### AIM OF THE TASK
Could you say how many lines below contain the word "StemFiles"? Give the number with no other text.

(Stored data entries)
::::::::::
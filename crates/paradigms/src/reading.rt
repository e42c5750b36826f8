ghost use Rattle.std.specs.Prelude.{◌≡◌, ◌≤◌, [], length, map, All, Ok, OnOk, IfOk, IfErr};
ghost use Rattle.std.specs.String.{string_bytes};
ghost use Rattle.lexicon_definitions.specs.declared.limits.TheConstants.{MOST_PHASES};
ghost use Rattle.morphology_definitions.specs.Inflection.{IsInflectableStem};
ghost use Rattle.paradigm_file_definitions.specs.Records.{read_records};
ghost use Rattle.paradigm_file_definitions.specs.StemFiles.{stems_of, take_stem};
ghost use Rattle.paradigm_file_definitions.specs.TableFiles.{tables_of, take_table};
ghost use Rattle.paradigms.specs.Answers.{IsStemFault, IsTableFault, stem_error_of, table_error_of};
ghost use Rattle.paradigms.specs.RecordsLeft.{IsReading, records_left};

use crate::record_error::RecordError;
use crate::records::{next_record, records_in};
use crate::{StemError, StemFault, StemWhy, Stems, TableError, TableFault, TableWhy, Tables};
use csv::{ByteRecord, Reader};
use lexicon_text_definitions::MOST_FILE_BYTES;
use std::alloc::Global;

/// The error of the record with this number.
fn table_error(number: u32, error: RecordError<TableWhy>) -> TableError
    ensures { result ≡ table_error_of number error }
{
    match error {
        RecordError::Why(why) => TableError::Fault(TableFault { number, why }),
        RecordError::Memory => TableError::Memory,
    }
}

/// The error of the record with this number.
fn stem_error(number: u32, error: RecordError<StemWhy>) -> StemError
    ensures { result ≡ stem_error_of number error }
{
    match error {
        RecordError::Why(why) => StemError::Fault(StemFault { number, why }),
        RecordError::Memory => StemError::Memory,
    }
}

/// Takes the records that are left as those of a table file over these names of phases. After a refusal the tables are of no
/// more use.
fn take_tables(
    alloc: Global,
    phases: &[String],
    reader: &mut Reader<&[u8]>,
    csv_record: &mut ByteRecord,
    tables: &mut Tables,
) -> Result<(), TableError>
    requires phases { length phases.now ≤ MOST_PHASES }
    requires reading { IsReading reader.old }
    requires empty { tables.old ≡ [] }
    ensures ok { OnOk result (read_records (take_table (map string_bytes phases.now)) 1 [] (records_left reader.old) ≡ Ok tables.new) }
    ensures fault { IfErr result (IsTableFault (read_records (take_table (map string_bytes phases.now)) 1 [] (records_left reader.old))) }
{
    let mut number = 1;
    while next_record(reader, csv_record)? {
        if let Err(error) = tables.take(alloc, phases, number, csv_record) {
            return Err(table_error(number, error));
        }
        number += 1;
    }
    Ok(())
}

/// Takes the records of a table file over these names of phases. After a refusal the tables are of no more use.
fn take_table_file(
    alloc: Global,
    phases: &[String],
    bytes: &[u8],
    tables: &mut Tables,
) -> Result<(), TableError>
    requires bytes { length bytes.now ≤ MOST_FILE_BYTES }
    requires phases { length phases.now ≤ MOST_PHASES }
    requires empty { tables.old ≡ [] }
    ensures ok { OnOk result (tables_of (map string_bytes phases.now) bytes.now ≡ Ok tables.new) }
    ensures fault { IfErr result (IsTableFault (tables_of (map string_bytes phases.now) bytes.now)) }
{
    let mut reader = records_in(alloc, bytes);
    let mut csv_record = ByteRecord::new(alloc);
    take_tables(alloc, phases, &mut reader, &mut csv_record, tables)
}

/// The tables of a table file over these names of phases, or the file's first fault (own format, CSV by RFC 4180).
pub fn read_tables(alloc: Global, phases: &[String], bytes: &[u8]) -> Result<Tables, TableError>
    requires bytes { length bytes.now ≤ MOST_FILE_BYTES }
    requires phases { length phases.now ≤ MOST_PHASES }
    ensures ok { IfOk result (λ tables. tables_of (map string_bytes phases.now) bytes.now ≡ Ok tables) }
    ensures fault { IfErr result (IsTableFault (tables_of (map string_bytes phases.now) bytes.now)) }
{
    let mut tables = Tables::new(alloc);
    take_table_file(alloc, phases, bytes, &mut tables)?;
    Ok(tables)
}

/// Takes the records that are left as those of a stem file over these tables. After a refusal the stems are of no more use.
fn take_stems(
    alloc: Global,
    tables: &Tables,
    reader: &mut Reader<&[u8]>,
    csv_record: &mut ByteRecord,
    stems: &mut Stems,
) -> Result<(), StemError>
    requires reading { IsReading reader.old }
    requires empty { stems.old ≡ [] }
    ensures ok { OnOk result (read_records (take_stem tables.now) 1 [] (records_left reader.old) ≡ Ok stems.new) }
    ensures fault { IfErr result (IsStemFault (read_records (take_stem tables.now) 1 [] (records_left reader.old))) }
{
    let mut number = 1;
    let mut forms = 0;
    while next_record(reader, csv_record)? {
        forms = match stems.take(alloc, tables, number, forms, csv_record) {
            Ok(forms) => forms,
            Err(error) => return Err(stem_error(number, error)),
        };
        number += 1;
    }
    Ok(())
}

/// Takes the records of a stem file over these tables. After a refusal the stems are of no more use.
fn take_stem_file(
    alloc: Global,
    tables: &Tables,
    bytes: &[u8],
    stems: &mut Stems,
) -> Result<(), StemError>
    requires bytes { length bytes.now ≤ MOST_FILE_BYTES }
    requires empty { stems.old ≡ [] }
    ensures ok { OnOk result (stems_of tables.now bytes.now ≡ Ok stems.new) }
    ensures fault { IfErr result (IsStemFault (stems_of tables.now bytes.now)) }
{
    let mut reader = records_in(alloc, bytes);
    let mut csv_record = ByteRecord::new(alloc);
    take_stems(alloc, tables, &mut reader, &mut csv_record, stems)
}

/// The stems of a stem file over these tables, or the file's first fault (own format, CSV by RFC 4180). Each stem that is read
/// has a class of the tables, and a form for each row of it.
pub fn read_stems(alloc: Global, tables: &Tables, bytes: &[u8]) -> Result<Stems, StemError>
    requires { length bytes.now ≤ MOST_FILE_BYTES }
    ensures ok { IfOk result (λ stems. stems_of tables.now bytes.now ≡ Ok stems) }
    ensures inflectable { IfOk result (λ stems. All (IsInflectableStem tables.now) stems) }
    ensures fault { IfErr result (IsStemFault (stems_of tables.now bytes.now)) }
{
    let mut stems = Stems::new(alloc);
    take_stem_file(alloc, tables, bytes, &mut stems)?;
    Ok(stems)
}
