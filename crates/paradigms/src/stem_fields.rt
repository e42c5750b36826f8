ghost use Rattle.std.specs.Prelude.{◌≡◌, ◌<◌, ◌^◌, ℕ, List, length, IfOk};
ghost use Rattle.text_definitions.specs.Slp1.{word_of_slp1};
ghost use Rattle.lexicon_text_definitions.specs.FileSteps.{some_word};
ghost use Rattle.morphology_definitions.specs.Inflection.{Stem as StemValue};
ghost use Rattle.paradigm_file_definitions.specs.StemFiles.{take_classed, take_letters};
ghost use Rattle.paradigms.specs.Answers.{IsRead, stem_why};
ghost use Rattle.paradigms.specs.Rows.{text_stem};

use crate::record_error::RecordError;
use crate::words::read_word;
use crate::{Stem, StemWhy, Tables};
use std::alloc::Global;

/// The stem that these fields of a record tell, over these tables.
pub(crate) fn read_stem(
    alloc: Global,
    tables: &Tables,
    letters: &[u8],
    name: &[u8],
) -> Result<Stem, RecordError<StemWhy>>
    requires { length letters.now < 2 ^ 32 }
    ensures read { (number : ℕ) (stems : List StemValue)
        → IsRead stem_why text_stem (take_classed tables.now number stems)
        (take_letters tables.now number stems (some_word (word_of_slp1 letters.now)) name.now) result }
    ensures class { IfOk result (λ stem. stem.class < length tables.now) }
{
    let letters = read_word(alloc, letters, StemWhy::Spelling)?;
    if letters.is_empty() {
        return Err(RecordError::Why(StemWhy::Spelling));
    }
    let Some(class) = tables.class_named(name) else {
        return Err(RecordError::Why(StemWhy::UnknownClass));
    };
    Ok(Stem { letters, class })
}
::::::::::
### RESPONSE TO THE TASK
2